Celiac disease is a systemic autoimmune disease that can be associated with gastrointestinal findings (diarrhea, malabsorption, abdominal pain and distension, bloating, vomiting, and weight loss) and/or highly variable non-gastrointestinal findings (dermatitis herpetiformis, chronic fatigue, joint pain/inflammation, iron deficiency anemia, migraines, depression, attention-deficit disorder, epilepsy, osteoporosis/osteopenia, infertility and/or recurrent fetal loss, vitamin deficiencies, short stature, failure to thrive, delayed puberty, dental enamel defects, and autoimmune disorders).

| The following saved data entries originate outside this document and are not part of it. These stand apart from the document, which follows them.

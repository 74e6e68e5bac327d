//! Builds Rust literals from a value and a suffix. Parsing a literal that was built returns the
//! value.
//!
//! | Value | Call | Literal |
//! |---|---|---|
//! | `a`, LF, U+200B | [`char`] | `'a'`, `'\n'`, `'\u{200b}'` |
//! | 97, 10, 255 | [`byte`] | `b'a'`, `b'\n'`, `b'\xff'` |
//! | `é"` and LF | [`string`] | `"é\"\n"` |
//! | its UTF-8 | [`byte_string`] | `b"\xc3\xa9\"\n"` |
//! | its UTF-8, and the byte FF | [`c_string`] | `c"é\"\n\xff"` |
//! | `a"#` | [`raw_string`] | `r##"a"#"##` |
//! | its UTF-8 | [`raw_byte_string`] | `br##"a"#"##` |
//! | its UTF-8 | [`raw_c_string`] | `cr##"a"#"##` |
//! | 255 in base sixteen, and `u8` | [`integer`] | `0xffu8` |
//! | 1048575 in base sixteen, in groups of four | [`grouped_integer`] | `0xf_ffff` |
//! | the parts `1`, `5` and `e3` | [`float`] | `1.5e3` |
//!
//! [`unescaped`] writes a literal anew, with the same kind, value and suffix, and [`regroup`] an
//! integer in groups of digits. [`rewritten`] does so in a [`Style`], which may keep lines.
//!
//! Between quotes, these characters and bytes are escaped:
//!
//! - LF, CR, tab and NUL as `\n`, `\r`, `\t` and `\0`, the backslash as `\\`, and the closing quote
//!   as `\"` or `\'`;
//! - other ASCII characters that are not printable ([`is_printable`]), and bytes above 7F, in a C
//!   string only those that are not UTF-8, as `\x` and two digits;
//! - other characters that are not printable as `\u{..}`. So is a combining character
//!   (Grapheme_Extend) after the opening quote or an escape, as it would be shown on top of that.
//!
//! ```
//! use litrs_build::{BuildError, string};
//! use std::alloc::Global;
//!
//! /// Returns a line of a configuration file. For `title` and `a`, LF, `b` that is
//! /// `title = "a\nb"`.
//! fn setting(alloc: Global, name: &str, value: &str) -> Result<String, BuildError> {
//!     let literal = string(alloc, value, "")?;
//!     let mut line = String::from_str(alloc, name)?;
//!     line.push_str(" = ")?;
//!     line.push_str(literal.raw_input())?;
//!     Ok(line)
//! }
//! ```
#![tactic(auto)]

pub use byte_strings::byte_string;
pub use c_strings::c_string;
pub use chars::{byte, char};
pub use error::BuildError;
pub use floats::float;
pub use integers::{grouped_integer, integer, regroup};
pub use printable::is_printable;
pub use raw::{raw_byte_string, raw_c_string, raw_string};
pub use rewriting::rewritten;
pub use strings::string;
pub use style::{Case, Escapes, FloatGroupLens, FloatGroups, GroupLens, Groups, Lines, Style};
pub use unescaping::unescaped;

mod body_item;
mod byte_strings;
mod c_strings;
mod chars;
mod error;
mod float_style;
mod floats;
mod integer_style;
mod integers;
pub mod laws;
mod pieces;
mod printable;
mod raw;
mod rewriting;
mod spelling;
mod strings;
mod style;
mod unescaping;
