//! Literals that are written anew.
ghost use Rattle.std.specs.Prelude.{◌≡◌, IsOk, IsTrue, IfOk, IfErr};
ghost use Rattle.std.specs.Str.{chars};
ghost use Rattle.litrs_base.specs.declared.quotes.StringKind.TheVariants.{String as string_kind, ByteString as byte_string_kind, CString as c_string_kind};
ghost use Rattle.litrs_grammar.specs.CharByte.{char_value};
ghost use Rattle.litrs_grammar.specs.Literal.{IsLiteral, string_value, suffix_of};
ghost use Rattle.litrs_grammar.specs.LiteralText.{literal_text};
ghost use Rattle.litrs.specs.CharLiteral.{char_parts, byte_parts};
ghost use Rattle.litrs.specs.LiteralDerivation.{derivation, is_bool_literal, literal_raw};
ghost use Rattle.litrs_build.specs.WrittenAnew.{HaveSameValue, unescaped, unescaped_byte, unescaped_char, unescaped_string};

use crate::byte_strings::byte_string;
use crate::c_strings::c_string;
use crate::chars::{byte, char};
use crate::error::{BuildError, memory_error};
use crate::raw::{raw_byte_string, raw_c_string, raw_string};
use crate::strings::string;
use litrs::{ByteLit, ByteStringLit, CStringLit, CharLit, Literal, StringLit, Text};
use std::alloc::{AllocError, Global};

/// Returns `lit` written anew, with escapes only where they are needed: for `"\u{61}\'"x` that is
/// `"a'"x`. The kind, the value and the suffix are those of `lit`.
///
/// A char, a byte and a quoted string are written by [`char`], [`byte`], [`string`],
/// [`byte_string`] and [`c_string`]. A raw string is written by [`raw_string`],
/// [`raw_byte_string`] and [`raw_c_string`], with the fewest hashes possible. A bool, an integer
/// and a float keep their text.
///
/// The text may be longer than that of `lit`. An unescaped character that is not printable is
/// escaped, and so is a combining one (Grapheme_Extend) after the opening quote or an escape.
///
/// There is one allocation for the text, and one for the value if [`Literal::parse`] of that text
/// makes one; for a bool there is none.
///
/// # Errors
///
/// Returns `AllocError` if an allocation fails.
pub fn unescaped<B: Text>(alloc: Global, lit: &Literal<B>) -> Result<Literal<String>, AllocError>
    ensures literal { IfOk result (λ built.
        IsLiteral (chars (literal_raw built)) (derivation built)) }
    ensures written { IfOk result (λ built.
        chars (literal_raw built) ≡ literal_text (unescaped (derivation lit.now))) }
    ensures parts { IfOk result (λ built. derivation built ≡ unescaped (derivation lit.now)) }
    ensures value { IfOk result (λ built.
        HaveSameValue (derivation lit.now) (derivation built)) }
    ensures suffix { IfOk result (λ built.
        suffix_of (derivation built) ≡ suffix_of (derivation lit.now)) }
    ensures again { IfOk result (λ built. unescaped (derivation built) ≡ derivation built) }
    ensures bool { IsTrue (is_bool_literal lit.now) → IsOk result }
{
    match built(alloc, lit) {
        Ok(built) => Ok(with_text(built)),
        Err(BuildError::Memory) => Err(AllocError),
        Err(_) => unreachable!(),
    }
}

/// Returns `lit`, whose text the contract relates to its parts.
fn with_text(lit: Literal<String>) -> Literal<String>
    ensures same { result ≡ lit }
    ensures literal { IsLiteral (chars (literal_raw lit)) (derivation lit) }
    ensures written { chars (literal_raw lit) ≡ literal_text (derivation lit) }
{
    // Called for its contract: the text is a literal with these parts.
    let _ = lit.raw_input();
    lit
}

/// Builds the literal of the value and the suffix of `lit`.
fn built<B: Text>(alloc: Global, lit: &Literal<B>) -> Result<Literal<String>, BuildError>
    ensures parts { IfOk result (λ built. derivation built ≡ unescaped (derivation lit.now)) }
    ensures value { IfOk result (λ built.
        HaveSameValue (derivation lit.now) (derivation built)) }
    ensures errors { IfErr result (λ e. e ≡ BuildError.Memory) }
    ensures bool { IsTrue (is_bool_literal lit.now) → IsOk result }
{
    match lit {
        Literal::Bool(lit) => Ok(Literal::Bool(*lit)),
        Literal::Integer(_) => kept(alloc, lit),
        Literal::Float(_) => kept(alloc, lit),
        Literal::Char(lit) => Ok(Literal::Char(built_char(alloc, lit)?)),
        Literal::Byte(lit) => Ok(Literal::Byte(built_byte(alloc, lit)?)),
        Literal::String(lit) => Ok(Literal::String(built_string(alloc, lit)?)),
        Literal::ByteString(lit) => Ok(Literal::ByteString(built_byte_string(alloc, lit)?)),
        Literal::CString(lit) => Ok(Literal::CString(built_c_string(alloc, lit)?)),
    }
}

/// Parses a copy of the text of `lit`.
fn kept<B: Text>(alloc: Global, lit: &Literal<B>) -> Result<Literal<String>, BuildError>
    ensures parts { IfOk result (λ copy. derivation copy ≡ derivation lit.now) }
    ensures errors { IfErr result (λ e. e ≡ BuildError.Memory) }
{
    let text = String::from_str(alloc, lit.raw_input())?;
    match Literal::parse(alloc, text) {
        Ok(copy) => Ok(copy),
        Err(e) => Err(memory_error(&e)),
    }
}

/// Builds the char of the value and the suffix of `lit`.
fn built_char<B: Text>(alloc: Global, lit: &CharLit<B>) -> Result<CharLit<String>, BuildError>
    ensures parts { IfOk result (λ built.
        char_parts built ≡ unescaped_char (char_parts lit.now)) }
    ensures value { IfOk result (λ built.
        char_value (char_parts built).item ≡ char_value (char_parts lit.now).item) }
    ensures errors { IfErr result (λ e. e ≡ BuildError.Memory) }
{
    // Called for its contract: the suffix is one.
    let _ = lit.raw_input();
    char(alloc, lit.value(), lit.suffix())
}

/// Builds the byte of the value and the suffix of `lit`.
fn built_byte<B: Text>(alloc: Global, lit: &ByteLit<B>) -> Result<ByteLit<String>, BuildError>
    ensures parts { IfOk result (λ built.
        byte_parts built ≡ unescaped_byte (byte_parts lit.now)) }
    ensures value { IfOk result (λ built.
        char_value (byte_parts built).item ≡ char_value (byte_parts lit.now).item) }
    ensures errors { IfErr result (λ e. e ≡ BuildError.Memory) }
{
    // Called for its contract: the suffix is one.
    let _ = lit.raw_input();
    byte(alloc, lit.value(), lit.suffix())
}

/// Builds the string of the value and the suffix of `lit`, quoted or raw as `lit` is.
fn built_string<B: Text>(alloc: Global, lit: &StringLit<B>) -> Result<StringLit<String>, BuildError>
    ensures parts { IfOk result (λ built.
        built.parts ≡ unescaped_string string_kind lit.now.parts) }
    ensures value { IfOk result (λ built. string_value built.parts ≡ string_value lit.now.parts) }
    ensures errors { IfErr result (λ e. e ≡ BuildError.Memory) }
{
    // Called for its contract: the parts are those of a string.
    let _ = lit.raw_input();
    if lit.is_raw_string() {
        raw_string(alloc, lit.value(), lit.suffix())
    } else {
        string(alloc, lit.value(), lit.suffix())
    }
}

/// Builds the byte string of the value and the suffix of `lit`, quoted or raw as `lit` is.
fn built_byte_string<B: Text>(
    alloc: Global,
    lit: &ByteStringLit<B>,
) -> Result<ByteStringLit<String>, BuildError>
    ensures parts { IfOk result (λ built.
        built.parts ≡ unescaped_string byte_string_kind lit.now.parts) }
    ensures value { IfOk result (λ built. string_value built.parts ≡ string_value lit.now.parts) }
    ensures errors { IfErr result (λ e. e ≡ BuildError.Memory) }
{
    // Called for its contract: the parts are those of a byte string.
    let _ = lit.raw_input();
    if lit.is_raw_byte_string() {
        raw_byte_string(alloc, lit.value(), lit.suffix())
    } else {
        byte_string(alloc, lit.value(), lit.suffix())
    }
}

/// Builds the C string of the value and the suffix of `lit`, quoted or raw as `lit` is.
fn built_c_string<B: Text>(
    alloc: Global,
    lit: &CStringLit<B>,
) -> Result<CStringLit<String>, BuildError>
    ensures parts { IfOk result (λ built.
        built.parts ≡ unescaped_string c_string_kind lit.now.parts) }
    ensures value { IfOk result (λ built. string_value built.parts ≡ string_value lit.now.parts) }
    ensures errors { IfErr result (λ e. e ≡ BuildError.Memory) }
{
    // Called for its contract: the parts are those of a C string.
    let _ = lit.raw_input();
    let value = lit.value().to_bytes();
    if lit.is_raw_c_string() {
        raw_c_string(alloc, value, lit.suffix())
    } else {
        c_string(alloc, value, lit.suffix())
    }
}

Classic celiac disease, characterized by mild to severe gastrointestinal symptoms, is less common than non-classic celiac disease, characterized by absence of gastrointestinal symptoms.

DIAGNOSIS/TESTING:

The diagnosis of celiac disease is established in an individual with: Positive celiac serologic testing while on a gluten-containing diet (tissue transglutaminase IgA, anti-deamidated gliadin-related peptide IgA and IgG, endomysial antibody IgA), Characteristic histologic findings on small-bowel biopsy, and Human leukocyte antigen (HLA) haplotype DQ2 or DQ8 identified by molecular genetic testing of HLA-DQA1 and HLA-DQB1.

MANAGEMENT:

Treatment of manifestations: Lifelong adherence to a strict gluten-free diet (avoidance of wheat, rye, and barley); treatment of nutritional deficiencies (iron, zinc, calcium, fat-soluble vitamins, folic acid); standard treatment of osteoporosis. For individuals unresponsive to a gluten-free diet, evaluation for refractory celiac disease, ulcerative enteritis, T-cell lymphoma, and other gastrointestinal cancers. Surveillance: For symptomatic individuals responsive to a gluten-free diet abnormal serologies should be followed to normalization, periodic physical examination and assessment of growth, nutritional status, and non-gastrointestinal disease manifestations. Agents/circumstances to avoid: Dietary gluten. Evaluation of relatives at risk: Molecular genetic testing of first-degree relatives of a proband (including young children) to monitor those with known celiac disease-susceptibility alleles for early evidence of celiac disease in order to institute gluten-free diet early in the disease course.

GENETIC COUNSELING:

Celiac disease is a multifactorial disorder resulting from the interaction of HLA-DQA1 and HLA-DQB1 allelic variants known to be associated with celiac disease susceptibility, less well-recognized variants in non-HLA genes, gliadin (a subcomponent of gluten), and other environmental factors. Some empiric risk data for at-risk relatives are available.